DATA SUPPLIED: Begin
//! Lines and columns of places of a text, one after another.

ghost use Rattle.std.specs.Prelude.{◌≡◌, ◌<◌, ◌≤◌, ◌+◌, ◌^◌};
ghost use Rattle.starlark_place.specs.Resolved.{resolved};
ghost use Rattle.starlark_parts.specs.Cursor.{IsAt, behind};

use starlark_place::resolved::ResolvedPos;

/// A place of a text, in bytes, with its line and column. All count from 0.
#[derive(Clone, Copy)]
pub(crate) struct Cursor {
    place: usize,
    line: usize,
    column: usize,
}

impl Cursor {
    /// The beginning of a text.
    pub(crate) const START: Cursor = Cursor {
        place: 0,
        line: 0,
        column: 0,
    };

    /// Its line and column.
    pub(crate) fn position(self) -> ResolvedPos
        ensures { (result.line ≡ self.line) × (result.column ≡ self.column) }
    {
        ResolvedPos {
            line: self.line,
            column: self.column,
        }
    }

    // behind one byte more
    fn behind(self, byte: u8) -> Cursor
        requires place { self.place + 1 < 2 ^ 64 }
        requires line { self.line ≤ self.place }
        requires column { self.column ≤ self.place }
        ensures { result ≡ behind self byte }
    {
        let place = self.place + 1;
        if byte == b'\n' {
            return Cursor {
                place,
                line: self.line + 1,
                column: 0,
            };
        }
        let line = self.line;
        if byte < 128 || 192 <= byte {
            return Cursor {
                place,
                line,
                column: self.column + 1,
            };
        }
        Cursor {
            place,
            line,
            column: self.column,
        }
    }
}

/// The cursor at a place, or at the text's end where that comes first. Where the place is not before `from`, only the
/// bytes between them are looked at.
pub(crate) fn reach(text: &[u8], from: Cursor, place: usize) -> Cursor
    requires { IsAt text.now from }
    ensures at { IsAt text.now result }
    ensures line { result.line ≡ (resolved text.now place).line }
    ensures column { result.column ≡ (resolved text.now place).column }
{
    let mut cursor = if place < from.place {
        Cursor::START
    } else {
        from
    };
    while cursor.place < place && cursor.place < text.len() {
        cursor = cursor.behind(text[cursor.place]);
    }
    cursor
}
DATA SUPPLIED: End
> [THE TASK] All lines from the one containing "let mut cursor" down to the final line above are to be restated word for word; leave out the rest.

> [RESULT FOR THIS TASK]
    let mut cursor = if place < from.place {
        Cursor::START
    } else {
        from
    };
    while cursor.place < place && cursor.place < text.len() {
        cursor = cursor.behind(text[cursor.place]);
    }
    cursor
}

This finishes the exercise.